Bis Mitte November sollen die Statistiken für alle 26 hessischen Landkreise erscheinen. "In den Metropolregionen gestaltet sich die Lage noch deutlich besser", gibt Dastych eine Vorschau auf das Gesamtbild.

Nachfolgebedarf macht Sorgen

Tatsächlich scheint der Ist-Zustand auch in der Peripherie zunächst nicht dramatisch: Statistisch sind viele Mittelbereiche noch überversorgt. Im Kreis Bergstraße etwa liegt der Versorgungsgrad bei den Augenärzten bei 137 Prozent, bei Frauenärzten bei 128 und bei Urologen bei 118 Prozent.

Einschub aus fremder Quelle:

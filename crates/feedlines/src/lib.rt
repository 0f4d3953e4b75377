// A midpoint book driven by lines of orders and quotes: quotes come as messages in hexadecimal, and the price in force
// comes from them alone.
#![tactic(auto)]

pub mod apply;
mod digits;
pub mod reading;
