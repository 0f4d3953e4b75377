// The lines of a day with quotes: those of a day of orders, but for prices, and messages.
ghost use Rattle.std.specs.Prelude.{◌++◌, codes};
ghost use Rattle.feedlines.specs.Lines.{ReadsAs};

use crate::digits::read_digits;
use kinds::midpoint::MidpointOrder;
use lines::reading::read_line;
use quotes::message::MESSAGE;
use rules::call::Call;

// An enum of its own and no `Result`: both are lines that were read.
#[derive(Clone, Copy, PartialEq, Eq, Debug)]
pub enum FeedLine {
    // An entry, a cancel or a cross.
    Order(Call<MidpointOrder>),
    // A message about a quote.
    Quote([u8; MESSAGE]),
}

// What stands behind `Q`: a space and the digits of a message.
fn read_quote(fields: &[u8]) -> Option<FeedLine>
    ensures { ReadsAs (codes "Q" ++ fields.now) result }
{
    read_digits(fields.strip_prefix(b" ")?).map(FeedLine::Quote)
}

// What a line writes; none where it is none of the forms. A price is none of them.
pub fn read_feed_line(line: &[u8]) -> Option<FeedLine>
    ensures { ReadsAs line.now result }
{
    let (letter, fields) = line.split_first()?;
    match *letter as char {
        'Q' => read_quote(fields),
        'P' => None,
        _ => read_line(line).map(FeedLine::Order),
    }
}
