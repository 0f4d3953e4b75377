// Messages written in hexadecimal digits.
ghost use Rattle.std.specs.Prelude.{◌≡◌, ℕ, ◌<◌, List, IfSome, MatchOption};
ghost use Rattle.feedlines.specs.Digits.{Spells, byte_of, digit_value};

use quotes::message::MESSAGE;

// The value of a digit, in either case.
fn digit_value(digit: u8) -> Option<u8>
    ensures value { result ≡ digit_value digit }
    ensures small { IfSome result (λ n. n < 16) }
{
    match digit {
        b'0'..=b'9' => Some(digit - b'0'),
        b'a'..=b'f' => Some(digit - b'a' + 10),
        b'A'..=b'F' => Some(digit - b'A' + 10),
        _ => None,
    }
}

// The byte that two digits write.
fn byte_of(high: u8, low: u8) -> Option<u8>
    ensures { result ≡ byte_of high low }
{
    Some(digit_value(high)? * 16 + digit_value(low)?)
}

// The message that 48 digits write; none where they are not as many, or one is no digit.
// By place: each byte takes two digits.
pub(crate) fn read_digits(digits: &[u8]) -> Option<[u8; MESSAGE]>
    ensures { MatchOption result ((bytes : List ℕ) → Spells digits.now bytes → ⊥) (λ bytes. Spells digits.now bytes) }
{
    if digits.len() != 2 * MESSAGE {
        return None;
    }
    let mut message = [0; MESSAGE];
    for place in 0..MESSAGE {
        let byte = byte_of(digits[2 * place], digits[2 * place + 1])?;
        message[place] = byte;
    }
    Some(message)
}
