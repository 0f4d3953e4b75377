// One line of a day with quotes applied to the quotes and the book.
ghost use Rattle.std.specs.Prelude.{◌≡◌};
ghost use Rattle.feedlines.specs.Applied.{FedLine, FeedApplies};

use crate::reading::{FeedLine, read_feed_line};
use feed::call::feed;
use lines::fault::{LineFault, LineReason};
use orders::trade::Fill;
use quotes::board::QuoteBoard;
use session::apply::{InputLine, LineAnswer, MidpointBook, make_call};

// Feeds the message of a line to the quotes and the book.
// Board and book are no one struct: they have two owners, a desk and its day, and of the calls only a message's uses both.
fn apply_message(
    board: &mut QuoteBoard,
    book: &mut MidpointBook<'_>,
    message: &[u8],
    number: u64,
    tape: &mut [Fill],
) -> Result<LineAnswer, LineFault>
    ensures { FedLine message.now number board.old board.new book.old book.new tape.old tape.new result }
{
    let before = board.midpoint();
    // Two steps, since the formatter breaks the one chain inside its closure.
    let fed = feed(board, book, message, tape);
    let (fills, _) = fed.map_err(|fault| LineReason::Quotes(fault).at(number))?;
    let midpoint = board.midpoint();
    Ok(LineAnswer::Quoted {
        before,
        midpoint,
        changed: before != midpoint,
        fills,
    })
}

// Makes the call that the line writes, or feeds its message. A line that is none of the forms, or whose call or
// message is refused, is refused at its number, and alters nothing.
pub fn apply_feed_line(
    board: &mut QuoteBoard,
    book: &mut MidpointBook<'_>,
    line: InputLine<'_>,
    tape: &mut [Fill],
) -> Result<LineAnswer, LineFault>
    ensures { FeedApplies line.entry.bytes.now line.entry.number board.old board.new book.old book.new tape.old tape.new result }
{
    match read_feed_line(line.bytes).ok_or(LineReason::NoForm.at(line.number))? {
        FeedLine::Order(call) => make_call(book, call, line.number, tape),
        FeedLine::Quote(message) => apply_message(board, book, &message, line.number, tape),
    }
}
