// Crossings of two curves, and the lent room that they are written to.
#![tactic(auto)]

ghost use Rattle.std.specs.Prelude.{◌≡◌, ◌<◌, ◌≤◌, ◌/◌, length, map};
ghost use Rattle.hits.specs.Hit.{hit_size, hit_from, hit_of, put, hit_at, written, hit_part};
ghost use Rattle.hits.specs.Need.{short};
ghost use Rattle.hits.specs.Stands.{OfHits};
ghost use Rattle.hits.specs.Listed.{listed, one, both, turned, exchanged};

use curves::Point;

// How many numbers a hit takes: `hit_size` of specs/Hit.antt.
pub const HIT: usize = 4;

// How long the rooms are that a caller lends.
#[derive(Clone, Copy)]
pub struct Lengths {
    pub room: usize,
}

// One crossing: the parameter on each curve, and the position.
#[derive(Clone, Copy)]
pub struct CurveHit {
    pub t_a: f64,
    pub t_b: f64,
    pub pos: Point,
}

// What a hunt counts. The four fates, hits among them, add up to the brackets.
#[derive(Clone, Copy, Default)]
pub struct Tally {
    pub hits: usize,
    pub brackets: u32,
    pub outside_a: u32,
    pub outside_b: u32,
    pub doubles: u32,
    pub evaluations: u32,
}

// What a closed form finds, in order: the roots of a quadratic, the crossings at them. Three cases and no list: `match` names what there is, and nothing is filled.
#[derive(Clone, Copy)]
pub enum UpToTwo<T> {
    Zero,
    One(T),
    Two(T, T),
}

impl<T: Copy> UpToTwo<T> {
    // One candidate, if it is kept.
    pub fn one(a: Option<T>) -> UpToTwo<T>
        ensures { result ≡ one a }
    {
        match a {
            Some(h) => UpToTwo::One(h),
            None => UpToTwo::Zero,
        }
    }

    // Those of two candidates that are kept.
    pub fn both(a: Option<T>, b: Option<T>) -> UpToTwo<T>
        ensures { result ≡ both a b }
    {
        match (a, b) {
            (Some(h), Some(g)) => UpToTwo::Two(h, g),
            (Some(h), None) | (None, Some(h)) => UpToTwo::One(h),
            (None, None) => UpToTwo::Zero,
        }
    }
}

// Whether what is lent is too short for so many hits.
#[tactic(auto, unfolding(crate::specs::Need::short))]
pub fn short(hits: usize, lent: Lengths) -> bool
    ensures { result ≡ short hits lent }
{
    lent.room / HIT < hits
}

impl From<[f64; HIT]> for CurveHit {
    ghost from_gives = { λ ns h. h ≡ hit_from ns };

    fn from(ns: [f64; HIT]) -> CurveHit {
        let [t_a, t_b, x, y] = ns;
        CurveHit {
            t_a,
            t_b,
            pos: Point { x, y },
        }
    }
}

impl CurveHit {
    fn turned(self) -> CurveHit
        ensures { result ≡ turned self }
    {
        CurveHit {
            t_a: self.t_b,
            t_b: self.t_a,
            ..self
        }
    }
}

impl UpToTwo<CurveHit> {
    // The same crossings with the curves in the other order.
    pub fn exchanged(self) -> UpToTwo<CurveHit>
        ensures { result ≡ exchanged self }
    {
        match self {
            UpToTwo::Zero => UpToTwo::Zero,
            UpToTwo::One(h) => UpToTwo::One(h.turned()),
            UpToTwo::Two(h, g) => UpToTwo::Two(h.turned(), g.turned()),
        }
    }
}

pub fn hit_of(t_a: f64, t_b: f64, pos: Point) -> CurveHit
    ensures { result ≡ hit_of t_a t_b pos }
{
    CurveHit { t_a, t_b, pos }
}

// The hit i of those in the room.
#[tactic(auto, using(crate::proofs::Rooms::chunk_hit))]
pub fn hit_at(room: &[f64], i: usize) -> CurveHit
    requires { i < length room.now / hit_size }
    ensures { result ≡ hit_at room.now i }
{
    CurveHit::from(room.as_chunks::<HIT>().0[i])
}

// The first hits in the room, each as its numbers.
#[tactic(auto, using(crate::proofs::Rooms::hits_read))]
pub fn first_hits(room: &[f64], count: usize) -> &[[f64; HIT]]
    requires { count ≤ length room.now / hit_size }
    ensures { OfHits count room.now (λ hs. map hit_from result.now ≡ hs) }
{
    &room.as_chunks::<HIT>().0[..count]
}

// The room is the caller's slice of numbers, as C lends it, and the count stands in the tally: a struct of both would be made and opened at each cell of the hunt.
// Writes a hit after the first n. Number by number, since an array that is copied to its place goes over the stack, which made the crossings of two circles slower.
#[tactic(auto, using(crate::proofs::Rooms::put_stores))]
pub fn put(room: &mut [f64], n: usize, h: CurveHit)
    requires { n < length room.old / hit_size }
    ensures { room.new ≡ put room.old n h }
{
    let at = n * HIT;
    room[at] = h.t_a;
    room[at + 1] = h.t_b;
    room[at + 2] = h.pos.x;
    room[at + 3] = h.pos.y;
}

// Writes the crossings and answers how many they are.
#[tactic(auto, using(crate::proofs::Rooms::written_none, crate::proofs::Rooms::put_first, crate::proofs::Rooms::put_second))]
pub fn write(room: &mut [f64], c: UpToTwo<CurveHit>) -> usize
    requires { length (listed c) ≤ length room.old / hit_size }
    ensures { (result ≡ length (listed c)) × (room.new ≡ written (listed c) room.old) }
{
    match c {
        UpToTwo::Zero => 0,
        UpToTwo::One(h) => {
            put(room, 0, h);
            1
        }
        UpToTwo::Two(h, g) => {
            put(room, 0, h);
            put(room, 1, g);
            2
        }
    }
}

// The numbers of the hit i, as that part of the room; the empty part where there is no such hit or it does not fit.
// A part of the room and no Option, by 01's form: C is told how many numbers it has, 0 for none.
#[tactic(auto, unfolding(crate::specs::Hit::hit_part))]
pub fn hit<'a>(room: &'a [f64], hits: usize, i: usize) -> &'a [f64]
    ensures { result.now ≡ hit_part room.now hits i }
{
    if hits.min(room.len() / HIT) <= i {
        return &room[..0];
    }
    let at = i * HIT;
    &room[at..at + HIT]
}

"Der Nachfolgebedarf trügt jedoch den Schein", betonte Dastych mit Verweis auf das hohe Alter der Ärzteschaft. Daher sei bisher noch keine Praxis aufgekauft worden. So liegt das Durchschnittsalter der Mediziner im Kreis Bergstraße, wo in der hausärztlichen Versorgung laut Haas bereits heute erhebliche Defizite zu beobachten sind, bei 54 Jahren. Schon heute sind in allen Planungsbereichen des Kreises Hausarztsitze nicht besetzt.

Gleichzeitig seien Initiativen zur Nachwuchsförderung bisher oft gescheitert. Zwar verfolge die KVH seit 2013 gezielt die Kampagne "Sei Arzt. In Praxis. Leb Hessen!", betonte VV-Vorsitzender Dr. Eckhard Starke. Zuletzt wurde mit der "Summerschool" ein neues Angebot gestartet (die "Ärzte Zeitung berichtet).

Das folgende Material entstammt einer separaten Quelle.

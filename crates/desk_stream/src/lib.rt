// The input of arcdesk, in pieces of any size: lines are found in it and answered, a step at a time. It reads and writes nothing itself.
#![tactic(auto)]

ghost use Rattle.std.specs.Prelude.{◌≡◌, ◌≤◌, [], length, replicate};
ghost use Rattle.laws.specs.Literal.{zero};
ghost use Rattle.desk_lines.specs.Hand.{most};
ghost use Rattle.desk_line.specs.Read.{read_line};
ghost use Rattle.desk.specs.Reply.{shown, table_after};
ghost use Rattle.desk.specs.Answer.{room_need};
ghost use Rattle.desk_output.specs.Reading.{start};

use arrayvec::ArrayVec;
use desk::{OUT_NEED, ROOM_NEED, Table};
use desk_lines::KeptLine;
use std::marker::Model;

// What a step is lent: a room for the hits of a query, and a list for the bytes to print. Apart from `Stream`, since nothing of it is known over a step.
#[derive(Drop)]
pub struct Buffers {
    pub room: [f64; ROOM_NEED],
    pub out: ArrayVec<u8, OUT_NEED>,
}

impl Buffers {
    pub fn new() -> Self
        ensures room { result.room ≡ replicate room_need zero }
        ensures out { result.out.items ≡ [] }
    {
        Buffers {
            room: [0.0; ROOM_NEED],
            out: ArrayVec::new(),
        }
    }
}

// The table, the number of the line at hand, and what is kept of it.
#[derive(Clone, Copy)]
pub struct Stream {
    pub table: Table,
    pub number: u64,
    pub line: KeptLine,
}

impl Model for Stream {
    ghost use Rattle.desk_output.specs.Reading.{Reading};

    ghost Value = { Reading };

    ghost view = { λ s. record { table = s.table; number = s.number; line = s.line } };

    ghost inverse = { λ q. record { table = q.table; number = q.number; line = q.line } };
}

impl Stream {
    ghost use Rattle.desk_stream.specs.Step.{stepped, finishing, finished};

    pub fn begin() -> Self
        ensures { result ≡ start }
    {
        Stream {
            table: Table::new(),
            number: 1,
            line: KeptLine::new(),
        }
    }

    // The line at hand is whole.
    #[tactic(auto, unfolding(desk::specs::Answer::answer))]
    fn answer(&mut self, lent: &mut Buffers)
        requires { lent.old.out.items ≡ [] }
        ensures stream { self.new ≡ record { table = table_after self.old.table (read_line self.old.line); number = self.old.number; line = self.old.line } }
        ensures lent { record { room = lent.new.room; out = lent.new.out.items } ≡ finishing (shown self.old.table self.old.number (read_line self.old.line)) lent.old.room }
    {
        let says = desk_line::read(self.line.as_slice());
        self.table
            .answer(self.number, says, &mut lent.room, &mut lent.out)
            .unwrap();
    }

    // A step takes the bytes of the piece up to and with a newline, or all, and gives back those that are left. The bytes to print stand in `lent.out`.
    #[tactic(auto, unfolding(crate::specs::Step::stepped, desk_output::specs::Reading::following))]
    pub fn step<'a>(&mut self, piece: &'a [u8], lent: &mut Buffers) -> &'a [u8]
        ensures step { record { reading = self.new; rest = result.now; room = lent.new.room; out = lent.new.out.items } ≡ stepped self.old piece.now lent.old.room }
        ensures few { length self.old.line ≤ most }
    {
        lent.out.clear();
        match desk_lines::take_line(&mut self.line, piece) {
            Some(read) => {
                self.answer(lent);
                self.number = self.number.saturating_add(1);
                self.line.clear();
                &piece[read..]
            }
            None => &[],
        }
    }

    // The input has ended. A last line without its newline counts.
    #[tactic(auto, unfolding(crate::specs::Step::finished))]
    pub fn finish(mut self, lent: &mut Buffers)
        ensures { record { room = lent.new.room; out = lent.new.out.items } ≡ finished self lent.old.room }
    {
        lent.out.clear();
        if desk_lines::begun(&self.line) {
            self.answer(lent);
        }
    }
}
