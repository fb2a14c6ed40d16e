// Spans and parameters: the library's answer goes to `out`, the refusal's number is given back.
ghost use Rattle.calls_points.specs.Answers.{norm_tau_answer, arc_param_in_span_answer, arc_radii_answer, arc_theta_of_pos_answer, arc_param_at_point_answer};
ghost use Rattle.curves.specs.At.{at};
ghost use Rattle.export_numbers.specs.Lent.{lent_arc};
ghost use Rattle.export_numbers.specs.Exported.{NumbersOut};

use curves::Point;
use export_numbers::write_answer;

pub fn arcs_norm_tau(v: f64, out: &mut [f64]) -> u32
    ensures { NumbersOut 1 (norm_tau_answer v) out.old result out.new }
{
    write_answer(calls_points::norm_tau(v), out)
}

pub fn arcs_arc_param_in_span(a: &[f64], a_marks: u32, theta: f64, out: &mut [f64]) -> u32
    ensures { NumbersOut 1 (arc_param_in_span_answer (lent_arc a.now a_marks) theta) out.old result out.new }
{
    write_answer(
        calls_points::arc_param_in_span(export_numbers::arc(a, a_marks), theta),
        out,
    )
}

pub fn arcs_arc_radii(a: &[f64], a_marks: u32, out: &mut [f64]) -> u32
    ensures { NumbersOut 2 (arc_radii_answer (lent_arc a.now a_marks)) out.old result out.new }
{
    write_answer(
        calls_points::arc_radii(export_numbers::arc(a, a_marks)),
        out,
    )
}

pub fn arcs_arc_theta_of_pos(a: &[f64], a_marks: u32, px: f64, py: f64, out: &mut [f64]) -> u32
    ensures { NumbersOut 1 (arc_theta_of_pos_answer (lent_arc a.now a_marks) (at px py)) out.old result out.new }
{
    let told = calls_points::arc_theta_of_pos(
        export_numbers::arc(a, a_marks),
        Point { x: px, y: py },
    );
    write_answer(told, out)
}

pub fn arcs_arc_param_at_point(a: &[f64], a_marks: u32, px: f64, py: f64, out: &mut [f64]) -> u32
    ensures { NumbersOut 1 (arc_param_at_point_answer (lent_arc a.now a_marks) (at px py)) out.old result out.new }
{
    let told = calls_points::arc_param_at_point(
        export_numbers::arc(a, a_marks),
        Point { x: px, y: py },
    );
    write_answer(told, out)
}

Bisherige Bemühungen, an die Landespolitik heranzutreten, seien jedoch erfolglos gewesen. So habe die KVH Kontakt zu Schulen aufnehmen wollen, um Medizinstudenten zu identifizieren, die aus ländlichen Gebieten stammen und daher als potenzielle Landärzte in Frage kommen könnten. Doch in Wiesbaden sei man damit abgeblitzt, so Dastych.

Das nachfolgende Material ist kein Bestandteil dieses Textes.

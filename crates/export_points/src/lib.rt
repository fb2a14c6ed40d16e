// Points, tangents, spans and lines for C and Rust to link: numbers and slices of numbers cross, and nothing else, since C links them. So an arc is a slice beside its marks, an answer goes to a lent slice, and a refusal is its number. The crate `export_points_c` exports them.
#![tactic(auto)]

mod positions;
mod spans;

pub use positions::{
    arcs_arc_end_pos, arcs_arc_point_at, arcs_arc_start_pos, arcs_arc_tangent_at,
    arcs_ellipse_point, arcs_ellipse_tangent, arcs_line_line_intersection,
    arcs_point_to_segment_dist, arcs_project_onto_segment,
};
pub use spans::{
    arcs_arc_param_at_point, arcs_arc_param_in_span, arcs_arc_radii, arcs_arc_theta_of_pos,
    arcs_norm_tau,
};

Haas appellierte vor allem an die Kommunen, eine Niederlassung in der Peripherie attraktiver zu machen: Sie müssten – etwa in Form von Kinderbetreuung oder öffentlichen Verkehrsmitteln – die entsprechende Infrastruktur schaffen. Mittelfristig, so Haas, müsse auch darüber gesprochen werden, die Zahl der Studienplätze zu erhöhen.